A main switch element that is controlled by the drive signal and performs a switching operation for conducting or blocking between the output point and a ground potential;
A main capacitance element having one end connected to the output point and the other end connected to a ground potential;
Have
The main switch element causes a resonance current to flow through the main inductance element and the main capacitance element by the switching operation according to the drive signal, and the AC voltage has a peak farther from the ground potential than the voltage value of the DC main voltage. A power supply operated to provide a value,
The main power supply is
A first DC power source that outputs a DC high voltage to a DC high voltage point;
A second DC power source that receives the DC high voltage and outputs the DC main voltage having a value closer to the ground potential than the DC high voltage to the DC main voltage point;
The first DC power supply includes a voltage source that outputs the DC high voltage to the DC high voltage point, one end connected to the DC high voltage point, and the other end connected to a ground potential, and charged to the DC high voltage.
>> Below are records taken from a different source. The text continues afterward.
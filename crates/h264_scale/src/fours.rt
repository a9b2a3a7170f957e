ghost use Rattle.std.specs.Prelude.{◌≡◌, []};
ghost use Rattle.std.specs.Int.{int_shr};
ghost use Rattle.h264_scale.specs.Residual.{fits16 as fits16_of, fits_last as fits_last_of};
ghost use Rattle.h264_scale.specs.Fours.{IsShort, IsShortFour, IsShortBlock, IsWithin, AreWithin, four_fits, block_fits, four_fits_last};
ghost use Rattle.h264_scale.specs.Fours.{block_fits_last, plus, minus, half, transposed as transposed_of, halves as halves_of, joined as joined_of};
ghost use Rattle.h264_scale.specs.Fours.{summed as summed_of, block_e, block_f, hadamard_block, rows_of, row_then, corners};

/// Four numbers of a row.
#[derive(Clone, Copy)]
pub struct Four {
    pub a: i32,
    pub b: i32,
    pub c: i32,
    pub d: i32,
}

/// A matrix by its rows.
#[derive(Clone, Copy)]
pub struct Block {
    pub r0: Four,
    pub r1: Four,
    pub r2: Four,
    pub r3: Four,
}

/// Whether a number lies in the range of the transform: -2 ^ 15 to 2 ^ 15 - 1 (8.5.12.2).
#[tactic(auto, unfolding(crate::specs::Residual::fits16))]
#[inline(always)]
pub fn fits16(x: i32) -> bool
    ensures { result ≡ fits16_of x }
{
    -32768 <= x && x <= 32767
}

/// Whether a number lies in the range of the last values, to which 32 is added: -2 ^ 15 to 2 ^ 15 - 33 (8.5.12.2).
#[tactic(auto, unfolding(crate::specs::Residual::fits_last))]
#[inline(always)]
pub fn fits_last(x: i32) -> bool
    ensures { result ≡ fits_last_of x }
{
    -32768 <= x && x <= 32735
}

/// A number of 16 bits.
#[inline(always)]
pub fn as_16_bits(x: i32) -> i16
    requires { IsShort x }
    ensures { result ≡ x }
{
    x as i16
}

/// Half of a number, rounded down.
#[inline(always)]
fn half_of(x: i32) -> i32
    ensures { result ≡ int_shr x 1 }
{
    x >> 1
}

impl Four {
    #[tactic(auto, unfolding(crate::specs::Fours::four_fits))]
    #[inline(always)]
    pub fn fits(self) -> bool
        ensures { result ≡ four_fits self }
    {
        fits16(self.a) && fits16(self.b) && fits16(self.c) && fits16(self.d)
    }

    #[tactic(auto, unfolding(crate::specs::Fours::four_fits_last))]
    #[inline(always)]
    fn fits_last(self) -> bool
        ensures { result ≡ four_fits_last self }
    {
        fits_last(self.a) && fits_last(self.b) && fits_last(self.c) && fits_last(self.d)
    }

    #[inline(always)]
    fn plus(self, w: Four) -> Four
        requires left { IsWithin 1048576 self }
        requires right { IsWithin 1048576 w }
        ensures { result ≡ plus self w }
    {
        Four {
            a: self.a + w.a,
            b: self.b + w.b,
            c: self.c + w.c,
            d: self.d + w.d,
        }
    }

    #[inline(always)]
    fn minus(self, w: Four) -> Four
        requires left { IsWithin 1048576 self }
        requires right { IsWithin 1048576 w }
        ensures { result ≡ minus self w }
    {
        Four {
            a: self.a - w.a,
            b: self.b - w.b,
            c: self.c - w.c,
            d: self.d - w.d,
        }
    }

    #[inline(always)]
    fn half(self) -> Four
        ensures { result ≡ half self }
    {
        Four {
            a: half_of(self.a),
            b: half_of(self.b),
            c: half_of(self.c),
            d: half_of(self.d),
        }
    }
}

impl Four {
    /// The transform of the four DC coefficients of a chroma plane, row by row.
    #[inline(always)]
    pub fn corners(self) -> Four
        requires { IsShortFour self }
        ensures { result ≡ corners self }
    {
        let upper = self.a + self.b;
        let lower = self.c + self.d;
        let left = self.a - self.b;
        let right = self.c - self.d;
        Four {
            a: upper + lower,
            b: left + right,
            c: upper - lower,
            d: left - right,
        }
    }

    /// The four numbers.
    #[inline(always)]
    pub fn row(self) -> [i16; 4]
        requires { IsShortFour self }
        ensures { result ≡ row_then self [] }
    {
        [
            as_16_bits(self.a),
            as_16_bits(self.b),
            as_16_bits(self.c),
            as_16_bits(self.d),
        ]
    }
}

impl Block {
    /// Whether each entry lies in the range of the transform.
    #[tactic(auto, unfolding(crate::specs::Fours::block_fits))]
    #[inline(always)]
    pub fn fits(self) -> bool
        ensures { result ≡ block_fits self }
    {
        self.r0.fits() && self.r1.fits() && self.r2.fits() && self.r3.fits()
    }

    /// Whether each entry lies in the range of the last values.
    #[tactic(auto, unfolding(crate::specs::Fours::block_fits_last))]
    #[inline(always)]
    pub fn fits_last(self) -> bool
        ensures { result ≡ block_fits_last self }
    {
        self.r0.fits_last() && self.r1.fits_last() && self.r2.fits_last() && self.r3.fits_last()
    }

    /// The matrix with its rows as columns.
    #[inline(always)]
    pub fn transposed(self) -> Block
        ensures { result ≡ transposed_of self }
    {
        let Block { r0, r1, r2, r3 } = self;
        Block {
            r0: Four {
                a: r0.a,
                b: r1.a,
                c: r2.a,
                d: r3.a,
            },
            r1: Four {
                a: r0.b,
                b: r1.b,
                c: r2.b,
                d: r3.b,
            },
            r2: Four {
                a: r0.c,
                b: r1.c,
                c: r2.c,
                d: r3.c,
            },
            r3: Four {
                a: r0.d,
                b: r1.d,
                c: r2.d,
                d: r3.d,
            },
        }
    }

    /// The first step of the transform, of each column.
    #[inline(always)]
    pub fn halves(self) -> Block
        requires { IsShortBlock self }
        ensures { result ≡ halves_of self }
    {
        Block {
            r0: self.r0.plus(self.r2),
            r1: self.r0.minus(self.r2),
            r2: self.r1.half().minus(self.r3),
            r3: self.r1.plus(self.r3.half()),
        }
    }

    /// The second step of the transform, of each column.
    #[inline(always)]
    pub fn joined(self) -> Block
        requires { IsShortBlock self }
        ensures { result ≡ joined_of self }
    {
        Block {
            r0: self.r0.plus(self.r3),
            r1: self.r1.plus(self.r2),
            r2: self.r1.minus(self.r2),
            r3: self.r0.minus(self.r3),
        }
    }

    /// The transform of DC coefficients, of each column.
    #[inline(always)]
    pub fn summed(self) -> Block
        requires { AreWithin 262144 self }
        ensures { result ≡ summed_of self }
    {
        let upper = self.r0.plus(self.r1);
        let lower = self.r2.plus(self.r3);
        let first = self.r0.minus(self.r1);
        let last = self.r2.minus(self.r3);
        Block {
            r0: upper.plus(lower),
            r1: upper.minus(lower),
            r2: first.minus(last),
            r3: first.plus(last),
        }
    }

    /// The first step of the transform, of each row.
    #[tactic(auto, using(crate::proofs::Fits::transposed_in))]
    #[inline(always)]
    pub fn row_halves(self) -> Block
        requires { IsShortBlock self }
        ensures { result ≡ block_e self }
    {
        self.transposed().halves().transposed()
    }

    /// The second step of the transform, of each row.
    #[tactic(auto, using(crate::proofs::Fits::transposed_in))]
    #[inline(always)]
    pub fn row_joined(self) -> Block
        requires { IsShortBlock self }
        ensures { result ≡ block_f self }
    {
        self.transposed().joined().transposed()
    }

    /// Both steps of the transform of DC coefficients.
    #[inline(always)]
    pub fn hadamard(self) -> Block
        requires { IsShortBlock self }
        ensures { result ≡ hadamard_block self }
    {
        self.summed().transposed().summed().transposed()
    }

    /// The entries row by row.
    #[inline(always)]
    pub fn rows(self) -> [i16; 16]
        requires { IsShortBlock self }
        ensures { result ≡ rows_of self }
    {
        let Block { r0, r1, r2, r3 } = self;
        [
            as_16_bits(r0.a),
            as_16_bits(r0.b),
            as_16_bits(r0.c),
            as_16_bits(r0.d),
            as_16_bits(r1.a),
            as_16_bits(r1.b),
            as_16_bits(r1.c),
            as_16_bits(r1.d),
            as_16_bits(r2.a),
            as_16_bits(r2.b),
            as_16_bits(r2.c),
            as_16_bits(r2.d),
            as_16_bits(r3.a),
            as_16_bits(r3.b),
            as_16_bits(r3.c),
            as_16_bits(r3.d),
        ]
    }
}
A first power capacitance element
The second DC power supply has a second power supply capacitance element having one end connected to the DC main voltage point and the other end connected to a ground potential.
The clamp circuit includes a protective capacitance element, a protective rectifier element, and a protective inductance element, and one end of the protective capacitance element, one end of the protective rectifier element, and one end of the protective inductance element are connected to each other. A first and a second bias circuit, and an auxiliary inductance element,
In the first bias circuit, the other end of the protective capacitance element is connected to the output point, and the other end of the protective rectifier element and the other end of the protective capacitance element of the second bias circuit are connected to each other. The other end of the protective inductance element is connected to a ground potential,
In the second bias circuit, the other end of the protective rectifier element is connected to the DC main voltage point, and the other end of the protective inductance element is connected to a ground potential.
One end of the auxiliary inductance element is connected to the connection point, the other end is connected to the DC high voltage point,
The protective rectifying elements of the first and second bias circuits are connected in such a direction that they are turned on when the voltage at the output point becomes the clamp voltage farther from the ground potential than the voltage at the DC main voltage point. Power supply.